Further information:

• Affymetrix

• Genome-wide Mapping of Copy Number Variations Using SNP Arrays

• This is an older method for testing.

• Aim: to identify substantially sized gains or losses of chromosomal regions in any part of the genome.

• Process: Standard blood sample from the individual being tested is sent to a clinical lab

• Advantages:
  • High resolution (can detect changes as small as 40kilobases, or 40kb). i.e. Detects typical and smaller or atypical 22q11.2 deletions
  • Screens the whole genome at the same time
  • Sensitive and specific
  • Fast and high throughput
• Disadvantages:
  • Cannot detect chromosomal changes that do not result in changes in copy number, e.g. balanced translocations, inversions
  • Limited ability to detect mosaicism

For further information and for a schematic diagram, please refer to the Microarray-based Comparative Genomic Hybridization (aCGH) article by Nature Education.

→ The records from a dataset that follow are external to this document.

//! Answers the table of faults, row after row.
ghost use Rattle.std.specs.Prelude.{◌≡◌, ◌++◌, ◌&&◌, IfOk, Some, position, is_none, is_some};
ghost use Rattle.cs_decl.specs.Faults.{is_within, is_bad_offset, is_bad_max, is_bad_weight};
ghost use Rattle.cs_decl.specs.Faults.{is_bad_default, needs_group, are_bad_hours};
ghost use Rattle.cs_decl.specs.Faults.{is_bad_pass, first_fault, twice_declared, bad_numbers};
ghost use Rattle.cs_decl.specs.Faults.{are_all_hours, bad_groups, bad_parts, bad_times, bad_zone};
ghost use Rattle.cs_decl.specs.Faults.{faults_of};

use crate::clock::clock_of;
use crate::entries::{AnacronEntry, CronEntry, DefaultEntry, Entries};
use crate::names::{unlisted_anacron, unlisted_cron};
use crate::parts::first_with_bad_parts;
use crate::twice::{first_twice, twice_line};
use cs_civil::MINUTES_OF_DAY;
use cs_plan::{
    DeclFault, Found, MAX_CAPACITY, MAX_GROUPS, MAX_MINUTES, MAX_OFFSET, MAX_WEIGHT, Place,
};
use std::alloc::{AllocError, Global};

fn is_within(low: u16, high: u16, number: i128) -> bool
    ensures { result ≡ is_within low high number }
{
    i128::from(low) <= number && number <= i128::from(high)
}

fn has_bad_offset(entries: &Entries) -> bool
    ensures { result ≡ is_bad_offset entries.now.offset }
{
    entries.offset.unsigned_abs() > u128::from(MAX_OFFSET)
}

pub(crate) fn is_bad_max(max: i128) -> bool
    ensures { result ≡ is_bad_max max }
{
    !is_within(1, MAX_MINUTES, max)
}

fn is_bad_weight(weight: i128) -> bool
    ensures { result ≡ is_bad_weight weight }
{
    !is_within(1, u16::from(MAX_WEIGHT), weight)
}

fn needs_group(entry: &CronEntry) -> bool
    ensures { result ≡ needs_group entry.now }
{
    entry.mode.takes_lock() && entry.group.is_none()
}

fn are_bad_hours(hours: (i128, i128)) -> bool
    ensures { result ≡ are_bad_hours hours }
{
    !(0 <= hours.0 && hours.0 < hours.1 && hours.1 <= i128::from(MINUTES_OF_DAY))
}

fn is_bad_pass(pass: Option<i128>) -> bool
    ensures { result ≡ is_bad_pass pass }
{
    match pass {
        Some(minute) => !(0 <= minute && minute < i128::from(MINUTES_OF_DAY)),
        None => false,
    }
}

// ---- rows

#[tactic(auto, unfolding(crate::specs::Faults::twice_declared))]
fn twice_declared(alloc: Global, entries: &Entries) -> Result<Option<Found>, AllocError>
    ensures { IfOk result (λ f. f ≡ first_fault (twice_declared entries.now)) }
{
    if let Some(i) = first_twice(alloc, entries.groups.as_slice())? {
        return Ok(Some((DeclFault::TwiceDeclared, Some(Place::Group(i)))));
    }
    if let Some(i) = twice_line(alloc, entries.cron.as_slice())? {
        return Ok(Some((DeclFault::TwiceDeclared, Some(Place::Cron(i)))));
    }
    if let Some(i) = first_twice(alloc, entries.anacron.as_slice())? {
        return Ok(Some((DeclFault::TwiceDeclared, Some(Place::Anacron(i)))));
    }
    Ok(None)
}

fn bad_cron_max(cron: &[CronEntry]) -> Option<usize>
    ensures { result ≡ position (λ e. is_bad_max e.max) cron.now }
{
    cron.iter().position(|entry| is_bad_max(entry.max))
}

fn bad_anacron_max(anacron: &[AnacronEntry]) -> Option<usize>
    ensures { result ≡ position (λ e. is_bad_max e.max) anacron.now }
{
    anacron.iter().position(|entry| is_bad_max(entry.max))
}

fn bad_cron_weight(cron: &[CronEntry]) -> Option<usize>
    ensures { result ≡ position (λ e. is_bad_weight e.weight) cron.now }
{
    cron.iter().position(|entry| is_bad_weight(entry.weight))
}

fn bad_anacron_weight(anacron: &[AnacronEntry]) -> Option<usize>
    ensures { result ≡ position (λ e. is_bad_weight e.weight) anacron.now }
{
    anacron.iter().position(|entry| is_bad_weight(entry.weight))
}

fn has_bad_default_max(default: &Option<DefaultEntry>) -> bool
    ensures { result ≡ is_bad_default (λ e. is_bad_max e.max) default.now }
{
    match default {
        Some(entry) => is_bad_max(entry.max),
        None => false,
    }
}

fn has_bad_default_weight(default: &Option<DefaultEntry>) -> bool
    ensures { result ≡ is_bad_default (λ e. is_bad_weight e.weight) default.now }
{
    match default {
        Some(entry) => is_bad_weight(entry.weight),
        None => false,
    }
}

#[tactic(auto, unfolding(crate::specs::Faults::bad_numbers))]
fn bad_numbers(entries: &Entries) -> Option<Found>
    ensures { result ≡ first_fault (bad_numbers entries.now) }
{
    if let Some(i) = bad_cron_max(entries.cron.as_slice()) {
        return Some((DeclFault::BadMax, Some(Place::Cron(i))));
    }
    if let Some(i) = bad_anacron_max(entries.anacron.as_slice()) {
        return Some((DeclFault::BadMax, Some(Place::Anacron(i))));
    }
    if has_bad_default_max(&entries.default) {
        return Some((DeclFault::BadMax, None));
    }
    if let Some(i) = bad_cron_weight(entries.cron.as_slice()) {
        return Some((DeclFault::BadWeight, Some(Place::Cron(i))));
    }
    if let Some(i) = bad_anacron_weight(entries.anacron.as_slice()) {
        return Some((DeclFault::BadWeight, Some(Place::Anacron(i))));
    }
    if has_bad_default_weight(&entries.default) {
        return Some((DeclFault::BadWeight, None));
    }
    if !is_within(1, u16::from(MAX_CAPACITY), entries.capacity) {
        return Some((DeclFault::BadCapacity, None));
    }
    None
}

fn first_needing_group(cron: &[CronEntry]) -> Option<usize>
    ensures { result ≡ position needs_group cron.now }
{
    cron.iter().position(|entry| needs_group(entry))
}

fn first_with_mode(anacron: &[AnacronEntry]) -> Option<usize>
    ensures { result ≡ position (λ e. e.has_mode) anacron.now }
{
    anacron.iter().position(|entry| entry.has_mode)
}

#[tactic(auto, unfolding(crate::specs::Faults::bad_groups))]
fn bad_groups(alloc: Global, entries: &Entries) -> Result<Option<Found>, AllocError>
    ensures { IfOk result (λ f. f ≡ first_fault (bad_groups entries.now)) }
{
    if let Some(i) = first_needing_group(entries.cron.as_slice()) {
        return Ok(Some((DeclFault::ModeNeedsGroup, Some(Place::Cron(i)))));
    }
    if let Some(i) = unlisted_cron(alloc, entries)? {
        return Ok(Some((DeclFault::UnknownGroup, Some(Place::Cron(i)))));
    }
    if let Some(i) = unlisted_anacron(alloc, entries)? {
        return Ok(Some((DeclFault::UnknownGroup, Some(Place::Anacron(i)))));
    }
    if entries.groups.len() > MAX_GROUPS {
        return Ok(Some((DeclFault::TooManyGroups, Some(Place::Group(MAX_GROUPS)))));
    }
    Ok(None)
}

#[tactic(auto, unfolding(crate::specs::Faults::bad_times))]
fn bad_times(entries: &Entries) -> Option<Found>
    ensures { result ≡ first_fault (bad_times entries.now) }
{
    if are_bad_hours(entries.hours) {
        return Some((DeclFault::BadHours, None));
    }
    if let Some(i) = first_with_mode(entries.anacron.as_slice()) {
        return Some((DeclFault::ModeOnAnacron, Some(Place::Anacron(i))));
    }
    if is_bad_pass(entries.pass) {
        return Some((DeclFault::BadPassMinute, None));
    }
    None
}

fn bad_parts(alloc: Global, entries: &Entries) -> Result<Option<Found>, AllocError>
    ensures { IfOk result (λ f. f ≡ first_fault (bad_parts entries.now)) }
{
    match first_with_bad_parts(alloc, entries.cron.as_slice())? {
        Some(i) => Ok(Some((DeclFault::BadParts, Some(Place::Cron(i))))),
        None => Ok(None),
    }
}

fn are_all_hours(hours: (i128, i128)) -> bool
    ensures { result ≡ are_all_hours hours }
{
    hours.0 == 0 && hours.1 == i128::from(MINUTES_OF_DAY)
}

#[tactic(auto, unfolding(crate::specs::Faults::bad_zone))]
fn bad_zone(entries: &Entries) -> Option<Found>
    ensures { result ≡ first_fault (bad_zone entries.now) }
{
    if entries.zone.is_none() {
        return None;
    }
    if clock_of(entries).is_none() {
        return Some((DeclFault::BadZone, None));
    }
    if !are_all_hours(entries.hours) {
        return Some((DeclFault::HoursInZone, None));
    }
    if entries.pass.is_some() {
        return Some((DeclFault::PassInZone, None));
    }
    None
}

#[tactic(auto, using(crate::proofs::Order::in_front, crate::proofs::Order::behind))]
fn bad_times_or_later(alloc: Global, entries: &Entries) -> Result<Option<Found>, AllocError>
    ensures { IfOk result
        (λ f. f ≡ first_fault (bad_times entries.now
        ++ (bad_parts entries.now ++ bad_zone entries.now))) }
{
    if let Some(found) = bad_times(entries) {
        return Ok(Some(found));
    }
    if let Some(found) = bad_parts(alloc, entries)? {
        return Ok(Some(found));
    }
    Ok(bad_zone(entries))
}

#[tactic(auto, using(crate::proofs::Order::first_twice_declared, crate::proofs::Order::first_bad_number, crate::proofs::Order::first_bad_group, crate::proofs::Order::past_groups))]
pub(crate) fn fault_of(alloc: Global, entries: &Entries) -> Result<Option<Found>, AllocError>
    ensures { IfOk result (λ f. f ≡ first_fault (faults_of entries.now)) }
{
    if has_bad_offset(entries) {
        return Ok(Some((DeclFault::BadShape, None)));
    }
    if let Some(found) = twice_declared(alloc, entries)? {
        return Ok(Some(found));
    }
    if let Some(found) = bad_numbers(entries) {
        return Ok(Some(found));
    }
    if let Some(found) = bad_groups(alloc, entries)? {
        return Ok(Some(found));
    }
    bad_times_or_later(alloc, entries)
}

• This is an older method for testing.

• Aim: to identify gains or losses of chromosomal regions in up to 45 areas within the genome

• Process: Standard blood sample from the individual being tested is sent to a clinical lab

• Advantages:
  • High resolution
  • Testing can be done for up to 45 genomic locations at the same time
    • Uses 7 probes within the typical 22q11.2 deletion region.
  • Sensitive and specific
  • Fast and high throughput
  • Cost-effective and robust
• Disadvantages:
  • Cannot detect chromosomal changes that do not result in changes in copy number, e.g. balanced translocations, inversions
  • Only certain regions of the genome are assessed

For graphic illustration of this technique, please see Figure 2 of the article by Schouten et al.

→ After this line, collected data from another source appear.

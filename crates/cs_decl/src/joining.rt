ghost use Rattle.std.specs.Prelude.{◌≡◌, option_map, None, IfOk};
ghost use Rattle.std.specs.Prelude.{unsigned_abs};
ghost use Rattle.std.specs.List.{find};
ghost use Rattle.cs_decl.specs.Faults.{first_fault};
ghost use Rattle.cs_decl.specs.Meaning.{IsValid};
ghost use Rattle.cs_plan.specs.Answers.{Answers, unless};
ghost use Rattle.cs_decl.specs.Join.{later_faults, rest, lines_left_out, declared_hours};
ghost use Rattle.cs_plan.specs.Reboot.{is_reboot};
ghost use Rattle.cs_decl.specs.Join.{plan_of, joined, untimed};

use crate::clock::{names_of_clocks, offset_of, zone_of};
use crate::declarations::Declarations;
use crate::entries::Entries;
use crate::join_rows::{mistimed_fault, naming_fault, undeclared_fault};
use crate::lookups::{defaulted, guessed, lines_left_out, untimed};
use crate::terms::{groups_of, jobs_of, small, smaller};
use crate::twice_started::twice_started;
use cs_anacrontab::Anacrontab;
use cs_civil::{Hours, Sequence};
use cs_crontab::Crontab;
use cs_plan::{DeclError, DeclFault, Plan, copy_name};
use std::alloc::{AllocError, Global};

#[tactic(auto, using(crate::proofs::Validity::hours_possible))]
fn hours_of(entries: &Entries) -> Hours
    requires { IsValid entries.now }
    ensures { result ≡ declared_hours entries.now.hours }
{
    let from = u64::from(small(entries.hours.0));
    let to = u64::from(small(entries.hours.1));
    Hours::new(from, to).unwrap()
}

#[tactic(auto, using(crate::proofs::Validity::capacity_possible))]
fn capacity_of(entries: &Entries) -> u8
    requires { IsValid entries.now }
    ensures { result ≡ unsigned_abs entries.now.capacity }
{
    smaller(entries.capacity)
}

#[tactic(auto, using(crate::proofs::Validity::pass_possible))]
fn pass_of(entries: &Entries) -> Option<u16>
    requires { IsValid entries.now }
    ensures { result ≡ option_map unsigned_abs entries.now.pass }
{
    match entries.pass {
        Some(minute) => Some(small(minute)),
        None => None,
    }
}

#[tactic(auto, unfolding(crate::specs::Join::plan_of))]
fn plan_of(
    alloc: Global,
    crontab: Crontab,
    left_out: Sequence<u32>,
    untimed: Option<u32>,
    anacrontab: Anacrontab,
    entries: &Entries,
) -> Result<Plan, AllocError>
    requires valid { IsValid entries.now }
    requires timed { find (λ line. is_reboot line.when) crontab.lines ≡ None }
    ensures { IfOk result (λ plan. plan ≡ plan_of crontab left_out untimed anacrontab entries.now) }
{
    let jobs = jobs_of(alloc, crontab.lines(), anacrontab.lines(), entries)?;
    let groups = groups_of(alloc, entries.groups.as_slice())?;
    let defaulted = defaulted(entries, crontab.lines(), anacrontab.lines());
    let clocks = names_of_clocks(alloc, entries)?;
    let doubled = copy_name(alloc, &entries.doubled)?;
    Ok(Plan::new(
        crontab,
        anacrontab,
        jobs,
        groups,
        capacity_of(entries),
        hours_of(entries),
        pass_of(entries),
        offset_of(entries),
        zone_of(entries),
        clocks,
        left_out,
        defaulted,
        guessed(entries),
        untimed,
        doubled,
    ))
}

#[tactic(auto, using(crate::proofs::Rests::rest_is))]
fn rest_of(
    alloc: Global,
    crontab: Crontab,
    entries: &Entries,
) -> Result<(Crontab, Sequence<u32>), AllocError>
    ensures rest { IfOk result (λ parts. parts.0 ≡ rest entries.now crontab) }
    ensures left_out { IfOk result (λ parts. parts.1 ≡ lines_left_out entries.now crontab) }
{
    let left_out = lines_left_out(alloc, entries, crontab.lines())?;
    Ok((crontab.without(left_out.as_slice()), left_out))
}

#[tactic(auto, using(crate::proofs::Order::one_or_other))]
fn joined_rest(
    alloc: Global,
    crontab: Crontab,
    anacrontab: Anacrontab,
    entries: &Entries,
) -> Result<Plan, DeclError>
    requires { IsValid entries.now }
    ensures { Answers (λ plan. plan)
        (unless (plan_of (rest entries.now crontab) (lines_left_out entries.now crontab)
        (untimed entries.now crontab.lines) anacrontab entries.now)
        (first_fault (later_faults crontab anacrontab entries.now))) result }
{
    let late = mistimed_fault(crontab.lines(), entries);
    let untimed = untimed(entries, crontab.lines());
    let (rest, left_out) = rest_of(alloc, crontab, entries)?;
    let twice = twice_started(alloc, entries, rest.lines())?;
    let undeclared = undeclared_fault(alloc, rest.lines(), anacrontab.lines(), entries)?;
    match undeclared.or(late).or(twice) {
        None => Ok(plan_of(alloc, rest, left_out, untimed, anacrontab, entries)?),
        Some((fault, place)) => Err(DeclError::At { fault, place }),
    }
}

/// Joins tables and declarations to a plan, or returns their first fault.
///
/// First come faults of what entries name in the whole table, each kind at entries of `cron`, then
/// of `anacron`, then of `left_out`: [`NoSuchLine`](DeclFault::NoSuchLine) if an entry names no
/// line or job; [`OtherCommand`](DeclFault::OtherCommand) if its line has another command;
/// [`AmbiguousCommand`](DeclFault::AmbiguousCommand) if it names several lines;
/// [`TwiceDeclared`](DeclFault::TwiceDeclared) if its line has an entry already. Then come faults
/// of jobs that aren't left out: [`Undeclared`](DeclFault::Undeclared) if one has no entry and
/// there is no default; [`RebootLine`](DeclFault::RebootLine) if one is an `@reboot`, declared or
/// not. Then comes [`OtherSchedule`](DeclFault::OtherSchedule), if the line of an entry of `cron`
/// or `left_out` has another schedule. Last comes [`StartsTwice`](DeclFault::StartsTwice), if
/// cron(8) starts a line that isn't left out more than once in a minute by the clock of the zone.
/// Memory may run out.
#[tactic(auto, unfolding(crate::specs::Join::joined))]
pub fn join(
    alloc: Global,
    crontab: Crontab,
    anacrontab: Anacrontab,
    declarations: Declarations,
) -> Result<Plan, DeclError>
    ensures { Answers (λ plan. plan) (joined crontab anacrontab declarations) result }
{
    let entries = declarations.entries();
    match naming_fault(alloc, crontab.lines(), anacrontab.lines(), entries)? {
        None => joined_rest(alloc, crontab, anacrontab, entries),
        Some((fault, place)) => Err(DeclError::At { fault, place }),
    }
}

• Aim: to check whether a specific section on one chromosome contains deletions, duplications, or translocations
• Process: Standard blood sample from the individual being tested is sent to a clinical lab
• Advantages:
  • Technically reasonably straightforward
  • Can identify a range of chromosomal aberrations including deletions, duplications, and translocations
• Disadvantages:
  • Labour intensive so fastest turnaround time possible is 3 to 14 days
  • Cannot detect even large deletions if the binding site for the probe used is not in the actual deletion region
  • Cannot provide information on the length or exact position of a deletion
• FISH test specific for typical 22q11.2 deletions:
  • Two probes are used to bind to chromosome 22:
    • TUPLE1 or N25 (here labelled with a red dye) binds to 22q11.2 (area of potential deletion)
    • ARSA (here labelled with a green dye) binds to 22q13.3 (area on the far end of chromosome 22; not deleted in 22q11.2DS
  • A normal chromosome 22 is not missing any parts, so both the red and the green probes can bind to their respective locations.
  • A chromosome 22 with a 22q11.2 deletion has the green probe bind to the 22q13.3 location, but has nowhere for the red 22q11.2 probe to bind.

For sample results of this technique, please see this set of images.

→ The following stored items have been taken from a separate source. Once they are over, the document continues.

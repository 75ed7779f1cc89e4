ghost use Rattle.std.specs.Prelude.{◌≡◌, ◌==◌, ◌<◌, length, position, IfSome};
ghost use Rattle.std.specs.List.{find, list_all, list_any};
ghost use Rattle.std.specs.Option.{option_map};
ghost use Rattle.cs_report.specs.User.{begins_command, is_alike, is_assignment, is_behind_user};
ghost use Rattle.cs_report.specs.User.{is_name, is_name_byte, is_no_user, is_one_of};
ghost use Rattle.cs_report.specs.User.{is_package_user, is_sign};
ghost use Rattle.cs_report.specs.User.{second_word, system_users, usual_words};

use cs_crontab::Line;
use cs_table::text::{skip_blanks, word};

/// Users that systems and their packages have, with spaces between them; not those whose names are
/// often commands, as `backup`, `lp`, `mail`, `man` and `sync`.
const SYSTEM_USERS: &[u8] =
    b"Debian-exim amavis apache awstats bin bind cacti clamav daemon debian-spamd dovecot exim \
      games git gitlab gnats icinga irc list logcheck logwatch mailman munin mysql nagios news \
      nginx nobody ntp ntpsec ossec postfix postgres proxy puppet redis roundcube smmsp smokeping \
      sys uucp vmail www www-data zabbix";

/// Words with which commands usually begin, with spaces between them.
const USUAL_WORDS: &[u8] =
    b"bash cat cd chronic clamscan command cp cronic curl dash docker du echo env exec export \
      find flock fstrim git gzip if ionice ln logger logrotate ls mail make mkdir mount mv nice \
      node nohup npm perl php podman printf python python3 rm rsync ruby run-one run-parts \
      runuser scp setsid sh sleep source su sudo systemd-run tar test time timeout touch umask \
      umount unison until wget while zip zsh";

fn first_space(list: &[u8]) -> Option<usize>
    ensures first { result ≡ position (λ b. b == 32) list.now }
    ensures within { IfSome result (λ at. at < length list.now) }
{
    list.iter().position(|byte| *byte == b' ')
}

#[tactic(auto, using(crate::proofs::Known::is_last, crate::proofs::Known::is_here, crate::proofs::Known::is_behind))]
fn is_one_of(list: &[u8], word: &[u8]) -> bool
    ensures { result ≡ is_one_of list.now word.now }
{
    let mut rest = list;
    while let Some(at) = first_space(rest) {
        if &rest[..at] == word {
            return true;
        }
        rest = &rest[at + 1..];
    }
    rest == word
}

#[tactic(auto, unfolding(crate::specs::User::system_users))]
fn is_system_user(word: &[u8]) -> bool
    ensures { result ≡ is_one_of system_users word.now }
{
    is_one_of(SYSTEM_USERS, word)
}

#[tactic(auto, unfolding(crate::specs::User::usual_words))]
fn is_usual_word(word: &[u8]) -> bool
    ensures { result ≡ is_one_of usual_words word.now }
{
    is_one_of(USUAL_WORDS, word)
}

/// Whether the word, where a table has the user of a command, is probably the command's own:
/// commands usually begin with it, and no user of a system has it as its name (this profile).
pub fn is_no_user(word: &[u8]) -> bool
    ensures { result ≡ is_no_user word.now }
{
    is_usual_word(word) && !is_system_user(word) && word != b"mail".as_slice()
}

fn is_name_byte(byte: u8) -> bool
    ensures { result ≡ is_name_byte byte }
{
    byte.is_ascii_lowercase()
        || (b'0' <= byte && byte <= b'9')
        || matches!(byte, b'-' | b'.' | b'_')
}

fn are_name_bytes(text: &[u8]) -> bool
    ensures { result ≡ list_all is_name_byte text.now }
{
    text.iter().all(|byte| is_name_byte(*byte))
}

fn is_name(word: &[u8]) -> bool
    ensures { result ≡ is_name word.now }
{
    match word {
        [first, others @ ..] => first.is_ascii_lowercase() && are_name_bytes(others),
        [] => false,
    }
}

fn is_package_user(word: &[u8]) -> bool
    ensures { result ≡ is_package_user word.now }
{
    match word {
        [first, others @ ..] => *first == b'_' && is_name(others),
        [] => false,
    }
}

fn is_sign(word: &[u8]) -> bool
    ensures { result ≡ is_sign word.now }
{
    match word {
        [first, ..] => matches!(*first, b'$' | b'(' | b'/' | b'[' | b'{' | b'~'),
        [] => false,
    }
}

fn is_assignment(word: &[u8]) -> bool
    ensures { result ≡ is_assignment word.now }
{
    match word {
        [first, others @ ..] => b'A' <= *first && *first <= b'Z' && others.contains(&b'='),
        [] => false,
    }
}

#[tactic(auto, unfolding(crate::specs::User::begins_command))]
fn begins_command(word: &[u8]) -> bool
    ensures { result ≡ begins_command word.now }
{
    is_sign(word) || is_assignment(word) || is_usual_word(word)
}

fn second_word(text: &[u8]) -> &[u8]
    ensures { result.now ≡ second_word text.now }
{
    let (_, behind) = word(text);
    let (second, _) = word(skip_blanks(behind));
    second
}

fn is_alike(line: &Line, other: &Line) -> bool
    ensures { result ≡ is_alike line.now other.now }
{
    let (first, _) = word(line.command());
    let (same, _) = word(other.command());
    other.number() != line.number() && same == first && begins_command(second_word(other.command()))
}

fn has_alike(lines: &[Line], line: &Line) -> bool
    ensures { result ≡ list_any (is_alike line.now) lines.now }
{
    lines.iter().any(|other| is_alike(line, other))
}

#[tactic(auto, unfolding(crate::specs::User::is_behind_user))]
fn is_behind_user(lines: &[Line], line: &Line) -> bool
    ensures { result ≡ is_behind_user lines.now line.now }
{
    let (first, _) = word(line.command());
    if first == b"root".as_slice() {
        return true;
    }
    begins_command(second_word(line.command()))
        && (is_system_user(first)
            || is_package_user(first)
            || (is_name(first) && !is_usual_word(first) && has_alike(lines, line)))
}

/// The first of the lines whose command seems to follow a user, as in a table with a user column
/// (this profile).
pub fn first_behind_user(lines: &[Line]) -> Option<&Line>
    ensures { option_map (λ line. line.now) result ≡ find (is_behind_user lines.now) lines.now }
{
    lines.iter().find(|line| is_behind_user(lines, line))
}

Note: A negative FISH result can mean:

• The individual tested has no deletion at 22q11.2, but may have a genetic change somewhere else in the genome. e.g. 10p13-14
• The individual tested has a deletion at 22q11.2, but it is not within binding site of the TUPLE or N25 probe and therefore not detectable using these probes. This is estimated to happen about 8% of the time.

Because of FISH’s inability detect deletions that are either proximal or distal to the probes used, the preferred initial test for 22q11.2DS is genomic SNP array (described in the first section of this page).